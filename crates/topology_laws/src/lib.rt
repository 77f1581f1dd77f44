//! Laws of topologies: the tasks of all partitions send what the queries mean, partition by partition.
#![tactic(auto)]

mod laws;

pub use laws::{
    sends_are_bounded, sends_are_by_feeds, sends_are_placed, sends_have_columns,
    the_chain_is_the_longest_path, topology_means_its_queries,
};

▬▬▬▬▬▬▬▬▬▬

[Work to be completed]:
A faithful copy of all the records is required.

[Answer for the task]:
filename crates/topology_laws/src/lib.rt
repository 77f1581f1dd77f44
//! Laws of topologies: the tasks of all partitions send what the queries mean, partition by partition.
#![tactic(auto)]

mod laws;

pub use laws::{
    sends_are_bounded, sends_are_by_feeds, sends_are_placed, sends_have_columns,
    the_chain_is_the_longest_path, topology_means_its_queries,
};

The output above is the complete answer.